Thanks John, that is pretty much the recipe I used sans the celery salt. I'll post a "Plated" picture and taste results after lunch today.


----------



## Crabnbass (Jan 4, 2012)

Looks like the makings of a great lunch!


----------



## bbquzz (Jan 4, 2012)

Still have a ways to go on the copycat, but a good sandwich. I know better, but got more S&P in there than needed, next time I'll add the extras to a smaller batch so I don't pollute the big batch. It's tough job, but somebody has to eat all these sandwiches.


----------



## Nick Prochilo (Jan 4, 2012)

That last picture is killer!


----------



## Captain Morgan (Jan 5, 2012)

Nick Prochilo said:
			
		

> That last picture is killer!




indeed


----------



## Vermin999 (Jan 5, 2012)

Great plated shot!
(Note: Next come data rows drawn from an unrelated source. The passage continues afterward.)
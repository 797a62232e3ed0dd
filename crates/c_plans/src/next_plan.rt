// The next best plan after a caller's one.
ghost use Rattle.std.specs.Prelude.{◌≡◌, ◌⊎◌, length};
ghost use Rattle.c_calls.specs.lists.Input.{HasLengths};
ghost use Rattle.c_plans.specs.Next.{IsNextShown, JudgesNext, next_buffers};
ghost use Rattle.c_plans.specs.NextAnswers.{IsNextAnswer};

use super::next::{Next, next_after};
use assign_core::Cost;
use c_calls::Fault;
use c_calls::lists::{Info, Input, judge, lists_of, refuse, report_verdict};
use cost_lists::{CostLists, Object, Price, exact_means_best};
use std::alloc::Global;

// Writes an answer, and returns its code.
fn put_next(
    lists: &CostLists<'_>,
    objects: &[Object],
    prices: &[Price],
    answer: &Next,
    other: &mut [Object],
    margin: &mut Cost,
    info: &mut Info,
) -> i32
    requires answer { IsNextAnswer lists.now objects.now prices.now answer.now }
    requires other { length other.old ≡ length lists.now.rows }
    ensures { IsNextShown lists.now objects.now prices.now
        (next_buffers other.old margin.old info.old)
        (next_buffers other.new margin.new info.new) result }
{
    // These calls show the prover what an optimum means.
    let _persons = lists.persons();
    exact_means_best();
    match answer {
        Next::Refused(verdict) => report_verdict(*verdict, info),
        Next::Alone => 25,
        Next::Another(found, cost) => {
            other.copy_from_slice(found.as_slice());
            *margin = cost.margin;
            info.total = cost.total;
            0
        }
        Next::Open => 23,
    }
}

/// The next best plan after that of these objects and prices, of a given problem. Returns 0 where it is
/// shown, and writes it, its cost, and how much more that is; 25 where there is no other plan; 23 where
/// neither was shown with so many arc scans; the code of the plan's verdict where the prices don't prove it; or
/// that of the first fault.
pub fn next_on(
    alloc: Global,
    input: &Input<'_>,
    objects: &[Object],
    prices: &[Price],
    arc_scans: u64,
    other: &mut [Object],
    margin: &mut Cost,
    info: &mut Info,
) -> i32
    requires other { HasLengths input.now → length other.old ≡ input.now.n }
    ensures { JudgesNext input.now objects.now prices.now
        (next_buffers other.old margin.old info.old)
        (next_buffers other.new margin.new info.new) result }
{
    let shape = match judge(input) {
        Ok(shape) => shape,
        Err(fault) => return refuse(fault, info),
    };
    let lists = lists_of(shape, input);
    match next_after(alloc, &lists, objects, prices, arc_scans) {
        Ok(found) => put_next(&lists, objects, prices, &found, other, margin, info),
        Err(_) => refuse(Fault::Memory, info),
    }
}
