// Proved answers to which plans are the first of all.
ghost use Rattle.std.specs.Prelude.{◌≡◌, ◌<◌, ◌*◌, ℕ, IfOk, IfSome, IsTrue, length};
ghost use Rattle.cost_lists.specs.Exact.{IsOptimum};
ghost use Rattle.ranking_checker.specs.Ranking.{AreAll, AreCosts, AreFirst};
ghost use Rattle.c_plans.specs.RankedAnswers.{IsRankedAnswer};

use assign_core::Cost;
use cost_lists::{CostLists, Object, Price};
use exact_checker::{Verdict, check};
use plan_search::{Ranking, find_ranking};
use ranking_checker::{RankedPlans, are_first};
use std::alloc::{AllocError, Global};

/// Which plans are the first of all.
#[derive(Drop)]
pub enum Ranked {
    /// The prices don't prove the plan.
    Refused(Verdict),
    /// So many plans as were asked for, one after the other, and what each costs.
    First(Vec<Object>, Vec<Cost>),
    /// Fewer plans, which are all, and what each costs.
    All(Vec<Object>, Vec<Cost>),
    /// None were shown.
    Open,
}

// The costs of the plans that a search found, if they are shown to be the first of all, or all.
fn costs_of(
    alloc: Global,
    lists: &CostLists<'_>,
    objects: &[Object],
    prices: &[Price],
    found: &Ranking,
    is_all: bool,
) -> Result<Option<Vec<Cost>>, AllocError>
    requires { IsOptimum lists.now objects.now prices.now }
    ensures first { let l = lists.now in let f = found.now in IfOk result (λ shown. IfSome shown
        (λ costs. AreFirst l.sense l.rows f.count f.plans.items)) }
    ensures all { let l = lists.now in let f = found.now in IfOk result (λ shown. IfSome shown
        (λ costs. IsTrue is_all → AreAll l.sense l.rows f.count f.plans.items)) }
    ensures costs { let l = lists.now in let f = found.now in IfOk result (λ shown. IfSome shown
        (λ costs. AreCosts l.rows f.count f.plans.items costs.items)) }
{
    let plans = RankedPlans {
        count: found.count,
        plans: found.plans.as_slice(),
        parents: found.parents.as_slice(),
        persons: found.persons.as_slice(),
        prices: found.prices.as_slice(),
        ranks: found.ranks.as_slice(),
        lists: found.lists.as_slice(),
        others: found.others.as_slice(),
    };
    let costs = are_first(alloc, lists, objects, prices, plans, is_all)?;
    Ok(costs)
}

// Checks what a search found, if it is so many plans, or fewer that are to be all.
fn checked(
    alloc: Global,
    lists: &CostLists<'_>,
    objects: &[Object],
    prices: &[Price],
    count: usize,
    found: Ranking,
) -> Result<Ranked, AllocError>
    requires { IsOptimum lists.now objects.now prices.now }
    ensures { IfOk result (IsRankedAnswer lists.now objects.now prices.now count) }
{
    if found.count == count {
        let Some(costs) = costs_of(alloc, lists, objects, prices, &found, false)? else {
            return Ok(Ranked::Open);
        };
        return Ok(Ranked::First(found.plans, costs));
    }
    if found.count > count || !found.is_all {
        return Ok(Ranked::Open);
    }
    let Some(costs) = costs_of(alloc, lists, objects, prices, &found, true)? else {
        return Ok(Ranked::Open);
    };
    Ok(Ranked::All(found.plans, costs))
}

/// The first so many plans in the order of their costs, after checking the best one that these objects
/// and prices are.
pub fn ranked_after(
    alloc: Global,
    lists: &CostLists<'_>,
    objects: &[Object],
    prices: &[Price],
    count: usize,
    arc_scans: u64,
) -> Result<Ranked, AllocError>
    ensures { IfOk result (IsRankedAnswer lists.now objects.now prices.now count) }
{
    let verdict = check(alloc, lists, objects, prices)?;
    if verdict != Verdict::Yes {
        return Ok(Ranked::Refused(verdict));
    }
    let Some(found) = find_ranking(alloc, lists, objects, prices, count, arc_scans)? else {
        return Ok(Ranked::Open);
    };
    let answer = checked(alloc, lists, objects, prices, count, found)?;
    Ok(answer)
}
Makes me want to try making my own orchard chicken salad


----------



## LarryWolfe (Jan 15, 2012)

I'm not a Genius, but I heard Wolfe Rub Citrus would make a turd taste good!  That looks awesome!


----------



## Puff1 (Jan 15, 2012)

Larry Wolfe said:
			
		

> I'm not a Genius, but I heard Wolfe Rub Citrus would make a turd taste good!  That looks awesome!


Yes it did!


----------



## Nick Prochilo (Jan 15, 2012)

I'll take both your words on that!


----------



## Nick Prochilo (Jan 15, 2012)

Puff, no pic, no turd eaten!


----------